§ **SUPPLIED MATERIAL**:
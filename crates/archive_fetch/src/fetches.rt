//! Connections that get a file, or a text.
ghost use Rattle.std.specs.Prelude.{◌≡◌, ◌≢◌, ◌++◌, ◌∷◌, ◌≤◌, [], ℕ, None, Some, false, true, length, take, IfOk, IfSome, IsOk, IsSome, OnErr};
ghost use Rattle.slab.specs.Slab.{HasRoomFor, SameValues, get, slab_len};
ghost use Rattle.serve_clients.specs.Client.{ClientState, HasWritten, after_of, given, moved_if, with_line, with_stage};
ghost use Rattle.serve_clients.specs.Clients.{AllStay, AreLookedAt, HasTurn, OthersStay, goes_again, told_by, turned_by, unread_by, unwritten_by};
ghost use Rattle.serve_clients.specs.Kinds.{kinds_in};
ghost use Rattle.serve_clients.specs.Line.{moved_on, taken_off};
ghost use Rattle.serve_clients.specs.declared.client.Stage.TheVariants.{Cut as CutOf, Ending as EndingOf, Hearing as HearingOf, Sending as SendingOf};
ghost use Rattle.archive_fetch.specs.Bodies.{BodyState, HasPulled};
ghost use Rattle.serve_live.specs.Listening.{has_heard_all};
ghost use Rattle.archive_fetch.specs.Hearing.{Ends, Grows, HeardState, Hears, MeetsNext};
ghost use Rattle.archive_fetch.specs.Fetching.{IsSupplied, is_read, without_peer};
ghost use Rattle.archive_fetch.specs.declared.fetches.Content.TheVariants.{File as FileOf, Given as GivenOf, Heard as HeardOf};

use crate::bodies::Body;
use crate::heads::Memory;
use crate::hearing::Heard;
use crate::meetings::Meeting;
use disk_model::Disk;
use serve_clients::{After, Client, Clients, Kinds, Line, Stage, Trouble};
use serve_texts::Visit;
use slab::Slab;
use std::alloc::Global;

/// What follows the head of an answer.
#[derive(Drop)]
pub enum Content<D: Disk> {
    /// Bytes of a file.
    File(Body<D>),
    /// What is heard of files from a time on.
    Heard(Heard<D>),
    /// What is given with `supply`, up to its end.
    Given,
}

/// Connections that get an answer, each under its key, and what is left of the files that they get. The session of a
/// connection is the key of its content.
#[derive(Drop)]
pub struct Fetches<D: Disk> {
    clients: Clients,
    contents: Slab<Content<D>>,
}

/// Gives the first of the bytes that couldn't be written before, and returns how many.
fn give_again(client: &Client, buffer: &mut [u8]) -> usize
    ensures bytes { take result buffer.new ≡ take (length buffer.old) client.now.unsent }
    ensures within { result ≤ length buffer.new }
{
    let unsent = client.unsent();
    let count = unsent.len().min(buffer.len());
    buffer[..count].copy_from_slice(&unsent[..count]);
    count
}

/// Gives the next bytes of the file. With the last of them the answer is at its end; after a fault of the file the
/// connection is cut.
fn pull<D: Disk>(client: &mut Client, body: &mut Body<D>, buffer: &mut [u8]) -> usize
    ensures pulled { HasPulled D.Disk (length buffer.old) client.old body.old result buffer.new client.new body.new }
    ensures within { result ≤ length buffer.new }
{
    match body.pull(buffer) {
        Ok(count) => {
            if body.left() == 0 {
                client.go_to(Stage::Ending);
            }
            count
        }
        Err(_) => {
            client.go_to(Stage::Cut);
            0
        }
    }
}

/// Gives the next bytes that are heard. After a fault of the file the connection is cut.
fn hear<D: Disk>(client: &mut Client, heard: &mut Heard<D>, buffer: &mut [u8]) -> usize
    ensures hears { Hears D.Disk (length buffer.old) client.old heard.old result buffer.new client.new heard.new }
    ensures within { result ≤ length buffer.new }
{
    match heard.pull(buffer) {
        Ok(count) => count,
        Err(_) => {
            client.go_to(Stage::Cut);
            0
        }
    }
}

/// More of the file that is heard may be committed: up to this place. After a fault of the file the connection is cut.
fn grow<D: Disk>(client: &mut Client, heard: &mut Heard<D>, committed: u64)
    ensures { Grows D.Disk committed client.old heard.old client.new heard.new }
{
    match heard.grows(committed) {
        Ok(()) => {}
        Err(_) => client.go_to(Stage::Cut),
    }
}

§ **TASK TO CARRY OUT**: Please give the listing above once more, word for word.

§ **RESULT OF THE EXERCISE**:
filename crates/archive_fetch/src/fetches.rt
//! Connections that get a file, or a text.
ghost use Rattle.std.specs.Prelude.{◌≡◌, ◌≢◌, ◌++◌, ◌∷◌, ◌≤◌, [], ℕ, None, Some, false, true, length, take, IfOk, IfSome, IsOk, IsSome, OnErr};
ghost use Rattle.slab.specs.Slab.{HasRoomFor, SameValues, get, slab_len};
ghost use Rattle.serve_clients.specs.Client.{ClientState, HasWritten, after_of, given, moved_if, with_line, with_stage};
ghost use Rattle.serve_clients.specs.Clients.{AllStay, AreLookedAt, HasTurn, OthersStay, goes_again, told_by, turned_by, unread_by, unwritten_by};
ghost use Rattle.serve_clients.specs.Kinds.{kinds_in};
ghost use Rattle.serve_clients.specs.Line.{moved_on, taken_off};
ghost use Rattle.serve_clients.specs.declared.client.Stage.TheVariants.{Cut as CutOf, Ending as EndingOf, Hearing as HearingOf, Sending as SendingOf};
ghost use Rattle.archive_fetch.specs.Bodies.{BodyState, HasPulled};
ghost use Rattle.serve_live.specs.Listening.{has_heard_all};
ghost use Rattle.archive_fetch.specs.Hearing.{Ends, Grows, HeardState, Hears, MeetsNext};
ghost use Rattle.archive_fetch.specs.Fetching.{IsSupplied, is_read, without_peer};
ghost use Rattle.archive_fetch.specs.declared.fetches.Content.TheVariants.{File as FileOf, Given as GivenOf, Heard as HeardOf};

use crate::bodies::Body;
use crate::heads::Memory;
use crate::hearing::Heard;
use crate::meetings::Meeting;
use disk_model::Disk;
use serve_clients::{After, Client, Clients, Kinds, Line, Stage, Trouble};
use serve_texts::Visit;
use slab::Slab;
use std::alloc::Global;

/// What follows the head of an answer.
#[derive(Drop)]
pub enum Content<D: Disk> {
    /// Bytes of a file.
    File(Body<D>),
    /// What is heard of files from a time on.
    Heard(Heard<D>),
    /// What is given with `supply`, up to its end.
    Given,
}

/// Connections that get an answer, each under its key, and what is left of the files that they get. The session of a
/// connection is the key of its content.
#[derive(Drop)]
pub struct Fetches<D: Disk> {
    clients: Clients,
    contents: Slab<Content<D>>,
}

/// Gives the first of the bytes that couldn't be written before, and returns how many.
fn give_again(client: &Client, buffer: &mut [u8]) -> usize
    ensures bytes { take result buffer.new ≡ take (length buffer.old) client.now.unsent }
    ensures within { result ≤ length buffer.new }
{
    let unsent = client.unsent();
    let count = unsent.len().min(buffer.len());
    buffer[..count].copy_from_slice(&unsent[..count]);
    count
}

/// Gives the next bytes of the file. With the last of them the answer is at its end; after a fault of the file the
/// connection is cut.
fn pull<D: Disk>(client: &mut Client, body: &mut Body<D>, buffer: &mut [u8]) -> usize
    ensures pulled { HasPulled D.Disk (length buffer.old) client.old body.old result buffer.new client.new body.new }
    ensures within { result ≤ length buffer.new }
{
    match body.pull(buffer) {
        Ok(count) => {
            if body.left() == 0 {
                client.go_to(Stage::Ending);
            }
            count
        }
        Err(_) => {
            client.go_to(Stage::Cut);
            0
        }
    }
}

/// Gives the next bytes that are heard. After a fault of the file the connection is cut.
fn hear<D: Disk>(client: &mut Client, heard: &mut Heard<D>, buffer: &mut [u8]) -> usize
    ensures hears { Hears D.Disk (length buffer.old) client.old heard.old result buffer.new client.new heard.new }
    ensures within { result ≤ length buffer.new }
{
    match heard.pull(buffer) {
        Ok(count) => count,
        Err(_) => {
            client.go_to(Stage::Cut);
            0
        }
    }
}

/// More of the file that is heard may be committed: up to this place. After a fault of the file the connection is cut.
fn grow<D: Disk>(client: &mut Client, heard: &mut Heard<D>, committed: u64)
    ensures { Grows D.Disk committed client.old heard.old client.new heard.new }
{
    match heard.grows(committed) {
        Ok(()) => {}
        Err(_) => client.go_to(Stage::Cut),
    }
}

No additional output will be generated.